* EXERCISE MATERIAL *
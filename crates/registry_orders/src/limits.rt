//! How much the connections of an address may take together.
ghost use Rattle.std.specs.Prelude.{IfOk, IfErr};
ghost use Rattle.clap.specs.Words.{found_of, rows_of};
ghost use Rattle.registry_orders.specs.Failures.{IsOfWords};
ghost use Rattle.registry_orders.specs.Limits.{AreLimitsIn};

use crate::failure::Failure;
use crate::given::{number_given, number_if};
use clap::ArgMatches;

/// How much connections that are served together may take.
#[derive(Clone, Copy)]
pub struct Limits {
    /// How many there may be at once.
    pub at_once: u64,
    /// About how many bytes of requests and of replies may be in hand, of all of them together.
    pub buffer: u64,
    /// How many bytes of uploads may be staged together; without it, half of the buffer.
    pub staged: Option<u64>,
    /// The seconds after which one is closed that says nothing and takes nothing.
    pub idle: u64,
}

/// The limits that were given.
pub(crate) fn limits_given(matches: &ArgMatches) -> Result<Limits, Failure>
    ensures found { IfOk result (AreLimitsIn (rows_of (found_of matches.now))) }
    ensures refused { IfErr result IsOfWords }
{
    Ok(Limits {
        at_once: number_given(matches, "at-once")?,
        buffer: number_given(matches, "buffer")?,
        staged: number_if(matches, "staged")?,
        idle: number_given(matches, "idle")?,
    })
}
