//! Registries that lie in database files.
ghost use Rattle.std.specs.Prelude.{◌≡◌, false, IfOk, IfErr};
ghost use Rattle.sqlite.specs.Files.{file_state, IsOpened};
ghost use Rattle.sqlite.specs.Start.{FindsIn};
ghost use Rattle.sqlite.specs.State.{HasCleanDisk};
ghost use Rattle.sqlite_wal.specs.Files.{image_at};
ghost use Rattle.layout_opening.specs.Opening.{OpensIn, layout_in};
ghost use Rattle.registry_cli.specs.Databases.{is_beside};

use crate::beginning::begin;
use crate::contents_file::ContentsFile;
use crate::looking::cause_at;
use crate::progress::Progress;
use crate::refusal::{Refusal, failure_of, refusal_of};
use crate::supposed::Supposed;
use layout_opening::{LayoutStore, WrittenBeside, open_layout};
use registry_model::Keeper;
use registry_opening::{Ended, Opener, Work};
use registry_orders::{Cause, Failure, Layout};
use registry_store::{OpenFault, Ours, Reclaim, Store};
use sqlite::{Alter, Connection, FileFrom, FileStore};
use sqlite_disk::Disk;
use std::marker::PhantomData;
use store_migration::migrate;
use store_opening::{fault_in_opening, let_go};

/// A registry in files, of which `F` says what is supposed of the database, and `P` of the file of contents.
pub type FileRegistry<F, P> = LayoutStore<FileStore<FileFrom<F>>, FileFrom<P>>;

/// Opens the registries that lie in database files.
#[derive(Drop)]
pub struct Databases<'a, F: Supposed + WrittenBeside<P>, P: Supposed> {
    rt: &'a HostRuntime,
    /// What was wrong with the path that was refused last, where the opening knew it.
    seen: Option<Cause>,
    supposed: PhantomData<F>,
    supposed_beside: PhantomData<P>,
}

impl<'a, F: Supposed + WrittenBeside<P>, P: Supposed> Databases<'a, F, P> {
    pub fn new(rt: &'a HostRuntime) -> Databases<'a, F, P> {
        Databases {
            rt,
            seen: None,
            supposed: PhantomData,
            supposed_beside: PhantomData,
        }
    }
}

/// What a registry lies in, and whether its storage has failed. The file of contents is closed.
fn taken_apart<S: Alter, C: Reclaim>(kept: Store<S, Ours, C>) -> (bool, Connection<S>) {
    let spent = kept.spent();
    let (conn, contents) = kept.into_parts();
    drop(contents);
    (spent, conn)
}

/// Closes the files of a registry: into that of the database the log is copied first, unless its storage has
/// failed. That files are what a store asks for is proved anew at each call, so there is one.
fn close_store<D: Disk + Drop, C: Reclaim>(kept: Store<FileStore<D>, Ours, C>) {
    let (spent, conn) = taken_apart(kept);
    if spent {
        let_go(conn);
    } else {
        let _ = conn.close();
    }
}

/// Opens the files of a database, and makes those that are missing. What is left of files that were not
/// opened is let go.
fn connect<F: Supposed>(
    rt: &HostRuntime,
    path: &str,
) -> Result<Connection<FileStore<FileFrom<F>>>, OpenFault>
    ensures opened { IfOk result (λ conn. HasCleanDisk (file_state conn) → IsOpened conn) }
    ensures found { IfOk result
        (λ conn. HasCleanDisk (file_state conn) → FindsIn (image_at F.Start) (file_state conn)) }
{
    match Connection::open_from(rt, path, false, F::new()) {
        Ok(conn) => Ok(conn),
        Err((error, _)) => Err(fault_in_opening(error)),
    }
}

/// Whether a new registry is to have its contents beside its database.
fn is_beside(layout: Layout) -> bool
    ensures { result ≡ is_beside layout }
{
    match layout {
        Layout::Tables => false,
        Layout::Beside => true,
    }
}

/// The registry at a path, as what it is; a new one as the layout says.
fn open_at<F: Supposed + WrittenBeside<P>, P: Supposed>(
    rt: &HostRuntime,
    path: &str,
    layout: Layout,
) -> Result<FileRegistry<F, P>, Refusal>
    ensures found { IfOk result
        (λ s. HasCleanDisk (file_state s.conn)
        → OpensIn (image_at F.Start) P.Start.db (is_beside layout) (layout_in s.contents)
        (file_state s.conn).now) }
    ensures unspent { IfOk result (λ s. s.spent ≡ false) }
{
    let conn = match connect::<F>(rt, path) {
        Ok(conn) => conn,
        Err(fault) => return Err(Refusal { fault, cause: None }),
    };
    let mut contents = ContentsFile::<P>::beside(rt, path);
    match open_layout(rt.alloc(), conn, is_beside(layout), &mut contents) {
        Ok(store) => Ok(store),
        Err((fault, conn)) => {
            let_go(conn);
            Err(refusal_of(fault))
        }
    }
}

impl<F: Supposed + WrittenBeside<P>, P: Supposed> Opener<FileRegistry<F, P>>
    for Databases<'_, F, P> {
    ghost use Rattle.std.specs.Prelude.{⊤};
    ghost use Rattle.registry_model.specs.Keeping.{Kept};
    ghost use Rattle.registry_cli.specs.Databases.{MayOpen};

    ghost opens = { λ _ s. MayOpen (image_at F.Start) P.Start.db s };

    // Nothing that a theorem speaks of is remembered.
    ghost had = { λ _ _. ⊤ };

    fn with_open<W: Work<FileRegistry<F, P>>>(
        &mut self,
        path: &str,
        layout: Layout,
        work: &mut W,
    ) -> Result<W::Told, Failure> {
        self.seen = None;
        begin(self.rt, path);
        let store = match open_at(self.rt, path, layout) {
            Ok(store) => store,
            Err(refusal) => {
                self.seen = refusal.cause;
                return Err(failure_of(refusal.fault));
            }
        };
        let Ended { keeper, told } = work.work(store);
        close_store(keeper);
        Ok(told)
    }

    fn migrate(&mut self, path: &str) -> Result<(), Failure> {
        self.seen = None;
        begin(self.rt, path);
        let mut progress = Progress::new(self.rt.stderr());
        match migrate(self.rt, path, F::new(), &mut progress) {
            Ok(moved) => {
                if let Some(moved) = moved {
                    progress.finish(moved);
                }
                Ok(())
            }
            Err(fault) => Err(failure_of(fault)),
        }
    }

    fn cause(&self, path: &str, failure: Failure) -> Option<Cause> {
        match failure {
            Failure::StorageFailure => match self.seen {
                Some(cause) => Some(cause),
                None => cause_at(self.rt, path),
            },
            Failure::NotARegistry => Some(Cause::NoRegistry),
            _ => None,
        }
    }
}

* DIRECTIONS *
Each line containing the word "bytes" must be pulled from the listing and copied.

* TASK SOLUTION *
    /// About how many bytes of requests and of replies may be in hand, of all of them together.
    /// How many bytes of uploads may be staged together; without it, half of the buffer.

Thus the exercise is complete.